There are many voices clamoring for attention; some are malicious, as Jesus points out in verse 1. We see this especially in the rise of cults, focused on leaders who demand unquestioning allegiance; often they claim divinity, or profess to be closer to God than their followers, with exclusive authority and anointing. They denounce all other teachers as wrong and manipulate their followers. Error is deadly; truth is life-giving. Jesus is warning us against such false teachers. They are “thieves” by robbing people of truth, and often of money.

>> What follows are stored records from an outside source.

//! Arrays and casts (ECMA-335 III.4).

ghost use Rattle.std.specs.Prelude.{◌≡◌, ◌∷◌, Some, option_map};
ghost use Rattle.cil_model.specs.declared.trees.Tree.{Tree};
ghost use Rattle.cil_model.specs.declared.types.DeclaredType.{DeclaredType};
ghost use Rattle.flow_rules.specs.Flow.{IsAfter, flow_of};
ghost use Rattle.flow_rules.specs.StackTypes.{stack_type, stack_types, type_named};
ghost use Rattle.flow_rules.specs.declared.method_types.MethodTypes.{MethodTypes};
ghost use Rattle.cil_model.specs.Assignable.{element_of};
ghost use Rattle.cil_model.specs.FlowRules.{is_array_of, any_type, element_on_stack, is_of_element_kind, loaded_type, may_store};
ghost use Rattle.cil_model.specs.declared.instructions.Instruction.TheVariants as Named;

use crate::entries::{StackEntry, is_int32_type, is_int64_type, is_reference};
use crate::mismatches::{FlowError, Mismatch};
use crate::operators::{INT32, INT64, keep_where, put_where};
use crate::type_stack::TypeStack;
use cil_model::instructions::ElementKind;
use resolved_code::types::ResolvedType;

/// What an array holds; none where the type is no array's.
fn element_of(t: ResolvedType) -> Option<ResolvedType>
    ensures { (tree : Tree) → option_map (type_named tree) result ≡ element_of (type_named tree t) }
{
    if t.brackets == 0 {
        return None;
    }
    Some(ResolvedType {
        element: t.element,
        brackets: t.brackets - 1,
    })
}

/// An array or null.
fn is_array(entry: StackEntry) -> bool
    ensures { (tree : Tree) → result ≡ is_array_of any_type (stack_type tree entry) }
{
    match entry {
        StackEntry::Null => true,
        StackEntry::NativeInt => false,
        StackEntry::Declared(t) => match element_of(t) {
            None => false,
            Some(_element) => true,
        },
    }
}

/// Whether `ldelem` and `stelem` of a kind take elements of this type (ECMA-335 III.4.8, III.4.27).
fn is_of_element_kind(kind: ElementKind, t: ResolvedType) -> bool
    ensures { (tree : Tree) → result ≡ is_of_element_kind kind (type_named tree t) }
{
    match kind {
        ElementKind::Int32 => is_int32_type(t),
        ElementKind::Int64 => is_int64_type(t),
        ElementKind::Reference => is_reference(t),
    }
}

/// An array of such elements, or null.
fn is_array_of(kind: ElementKind, entry: StackEntry) -> bool
    ensures { (tree : Tree) → result ≡ is_array_of (is_of_element_kind kind) (stack_type tree entry) }
{
    match entry {
        StackEntry::Null => true,
        StackEntry::NativeInt => false,
        StackEntry::Declared(t) => match element_of(t) {
            None => false,
            Some(element) => is_of_element_kind(kind, element),
        },
    }
}

/// What `ldelem.ref` gives of an array (ECMA-335 III.4.8): of null it is null.
fn element_entry(entry: StackEntry) -> StackEntry
    ensures { (tree : Tree) → stack_type tree result ≡ element_on_stack (stack_type tree entry) }
{
    match entry {
        StackEntry::Null | StackEntry::NativeInt => StackEntry::Null,
        StackEntry::Declared(t) => match element_of(t) {
            None => StackEntry::Null,
            Some(element) => StackEntry::Declared(element),
        },
    }
}

/// `ldlen`: the length is a native integer.
pub fn load_length(stack: &mut TypeStack) -> Result<(), FlowError>
    ensures { (m : MethodTypes) → IsAfter m.types.now result stack.new (flow_of m Named.LoadLength stack.old) }
{
    let array = stack.take_one()?;
    let reason = Mismatch::OperandType(array);
    put_where(is_array(array), reason, StackEntry::NativeInt, stack)
}

/// What `ldelem` gives of an array.
fn loaded_entry(kind: ElementKind, array: StackEntry) -> StackEntry
    ensures { (tree : Tree) → stack_type tree result ≡ loaded_type kind (stack_type tree array) }
{
    match kind {
        ElementKind::Int32 => INT32,
        ElementKind::Int64 => INT64,
        ElementKind::Reference => element_entry(array),
    }
}

/// What `stelem` may store. Whether an array takes a reference is found out when it runs.
fn may_store(kind: ElementKind, value: StackEntry) -> bool
    ensures { (tree : Tree) → result ≡ may_store kind (stack_type tree value) }
{
    match kind {
        ElementKind::Int32 => value.is_int32(),
        ElementKind::Int64 => value.is_int64(),
        ElementKind::Reference => value.is_reference(),
    }
}

/// `ldelem.i4`, `ldelem.i8`, `ldelem.ref`: an array, and above it the index.
pub fn load_element(kind: ElementKind, stack: &mut TypeStack) -> Result<(), FlowError>
    ensures { (m : MethodTypes) → IsAfter m.types.now result stack.new (flow_of m (Named.LoadElement kind) stack.old) }
{
    let (array, index) = stack.take_two()?;
    let is_allowed = is_array_of(kind, array) && index.is_index();
    let reason = Mismatch::OperandTypes(array, index);
    put_where(is_allowed, reason, loaded_entry(kind, array), stack)
}

/// `stelem.i4`, `stelem.i8`, `stelem.ref`: an array, the index, and topmost the value.
pub fn store_element(kind: ElementKind, stack: &mut TypeStack) -> Result<(), FlowError>
    ensures { (m : MethodTypes) → IsAfter m.types.now result stack.new (flow_of m (Named.StoreElement kind) stack.old) }
{
    let (array, index, value) = stack.take_three()?;
    let is_allowed = is_array_of(kind, array) && index.is_index() && may_store(kind, value);
    keep_where(is_allowed, Mismatch::OperandTypes(array, value), stack)
}

/// `newarr`, of this element type. An array of 2^32 brackets, which no source is long enough for, has no number and is reported as
/// out of memory.
pub fn new_array(element: ResolvedType, stack: &mut TypeStack) -> Result<(), FlowError>
    ensures { (m : MethodTypes) (t : DeclaredType) → type_named m.types.now element ≡ t → IsAfter m.types.now result stack.new (flow_of m (Named.NewArray t) stack.old) }
{
    if element.brackets == u32::MAX {
        return Err(FlowError::OutOfMemory);
    }
    let length = stack.take_one()?;
    let array = ResolvedType {
        element: element.element,
        brackets: element.brackets + 1,
    };
    let reason = Mismatch::OperandType(length);
    put_where(
        length.is_index(),
        reason,
        StackEntry::Declared(array),
        stack,
    )
}

/// What `castclass` and `isinst` take and give.
fn cast_where(t: ResolvedType, stack: &mut TypeStack) -> Result<(), FlowError>
    ensures { (m : MethodTypes) → IsAfter m.types.now result stack.new (flow_of m (Named.CastClass (type_named m.types.now t)) stack.old) }
{
    let operand = stack.take_one()?;
    let is_allowed = operand.is_reference() && is_reference(t);
    let reason = Mismatch::OperandType(operand);
    put_where(is_allowed, reason, StackEntry::Declared(t), stack)
}

/// `castclass` and `isinst`, to this type (ECMA-335 III.4.3, III.4.6).
pub fn cast(t: ResolvedType, stack: &mut TypeStack) -> Result<(), FlowError>
    ensures cast { (m : MethodTypes) (d : DeclaredType) → type_named m.types.now t ≡ d → IsAfter m.types.now result stack.new (flow_of m (Named.CastClass d) stack.old) }
    ensures tested { (m : MethodTypes) (d : DeclaredType) → type_named m.types.now t ≡ d → IsAfter m.types.now result stack.new (flow_of m (Named.IsInstance d) stack.old) }
{
    cast_where(t, stack)
}
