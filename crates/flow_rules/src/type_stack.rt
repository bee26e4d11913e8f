//! A stack of types.

ghost use Rattle.std.specs.Prelude.{◌≡◌, ◌∷◌, ◌<◌, [], IfOk, IfErr, IfSome, OnOk, None, length};
ghost use Rattle.flow_rules.specs.declared.mismatches.FlowError as errors;
ghost use Rattle.flow_rules.specs.declared.mismatches.FlowError.TheVariants.{Mismatch as Mismatches, OutOfMemory};
ghost use Rattle.flow_rules.specs.declared.mismatches.Mismatch.TheVariants.{OperandMissing};

use crate::entries::StackEntry;
use crate::mismatches::{FlowError, Mismatch};
use std::alloc::Global;
use std::marker::Model;

/// What a verifier knows of the values on a stack. Contracts see it as the list of its entries, the top first.
#[derive(Drop)]
pub struct TypeStack {
    entries: Vec<StackEntry>,
}

impl Model for TypeStack {
    ghost use Rattle.std.specs.Prelude.{List, reverse};
    ghost use Rattle.flow_rules.specs.declared.entries.StackEntry.{StackEntry};

    ghost Value = { List StackEntry };

    ghost view = { λ s. reverse s.entries.items };
}

impl TypeStack {
    /// The empty stack. Takes no memory.
    pub fn new(alloc: Global) -> Self
        ensures { result ≡ [] }
    {
        TypeStack {
            entries: Vec::new(alloc),
        }
    }

    /// Puts an entry on top. The only error is out of memory.
    pub fn push(&mut self, entry: StackEntry) -> Result<(), FlowError>
        ensures pushed { OnOk result (self.new ≡ entry ∷ self.old) }
        ensures err { IfErr result (λ e. e ≡ OutOfMemory) }
    {
        match self.entries.push(entry) {
            Ok(()) => Ok(()),
            Err(_) => Err(FlowError::OutOfMemory),
        }
    }

    /// Takes the topmost entry. At None the stack is empty.
    pub fn take(&mut self) -> Option<StackEntry>
        ensures top { IfSome result (λ top. self.old ≡ top ∷ self.new) }
        ensures empty { result ≡ None → self.old ≡ [] }
        ensures stays { result ≡ None → self.new ≡ [] }
    {
        self.entries.pop()
    }

    /// Takes the topmost entry, which has to be there.
    pub fn take_one(&mut self) -> Result<StackEntry, FlowError>
        ensures taken { IfOk result (λ top. self.old ≡ top ∷ self.new) }
        ensures short { IfErr result (λ e. (self.old ≡ []) × (e ≡ Mismatches OperandMissing)) }
    {
        match self.take() {
            Some(top) => Ok(top),
            None => Err(FlowError::Mismatch(Mismatch::OperandMissing)),
        }
    }

    /// Takes the two topmost entries, which have to be there: the lower one, and then the top.
    pub fn take_two(&mut self) -> Result<(StackEntry, StackEntry), FlowError>
        ensures taken { IfOk result (λ p. self.old ≡ p.1 ∷ p.0 ∷ self.new) }
        ensures short { IfErr result (λ e. (length self.old < 2) × (e ≡ Mismatches OperandMissing)) }
    {
        let second = self.take_one()?;
        let first = self.take_one()?;
        Ok((first, second))
    }

    /// Takes the three topmost entries, which have to be there, the lowest one first.
    pub fn take_three(&mut self) -> Result<(StackEntry, StackEntry, StackEntry), FlowError>
        ensures taken { IfOk result (λ p. self.old ≡ p.2 ∷ p.1 ∷ p.0 ∷ self.new) }
        ensures short { IfErr result (λ e. (length self.old < 3) × (e ≡ Mismatches OperandMissing)) }
    {
        let third = self.take_one()?;
        let (first, second) = self.take_two()?;
        Ok((first, second, third))
    }
}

They indoctrinate and intimidate people into following them…and in so doing they lead people away from God.

The prophet Ezekiel condemned false shepherds and predicted that the true Shepherd, the Messiah, will provide genuine care and leadership (34). Just as there are false shepherds, there are false doors. In Matthew 7:13-14, Jesus warns His listeners: “Enter through the narrow gate. For wide is the gate and broad is the road that leads to destruction, and many enter through it. But small is the gate and narrow the road that leads to life, and only a few find it.” It matters which door we choose.

The watchmen or gatekeepers of verses 2-4 are the shepherds. Who are they? The Pharisees would have gladly claimed this position, but Jesus assigns them another title. Prophets in the Old Testament and Pastors in the New are identified in Scripture as shepherds of their congregations. They are called to feed, guide, protect, correct, and love their flocks. They occasionally go after lost sheep to bring them back to the fold. They keep the flock from dangers on the outside and discord from within.

To be a shepherd involves relationship. Pastors are not mere “religious service providers.” We’re not remote, detached, or impersonal; we’re involved. The role of “pastor” has been defined as one “who is passionate for God and compassionate with people” (Peterson). With every encounter we hope to bring people before the presence of God.

Sheep recognize the shepherd’s voice, verse 5. They “hear his voice and follow.” Sheep won’t sheep follow a stranger because there is no personal connection. They know the familiar “voice” of truth and concern. Believers who are well-grounded in Scripture recognize the sound of false teaching.

In Bible times it was common for several flocks to be kept in a common, stone enclosure with an entrance on one side, the kind of fold we read about in the Nativity story. There was no other way for the sheep to enter the fold. The top of the wall would be lined with thorns to discourage predators and thieves. After gathering the flock in the fold, the shepherd would stand, and at night lie down in the narrow opening, becoming the gate--a living door. No sheep could leave, and no predators or intruders would enter; the shepherd became the door.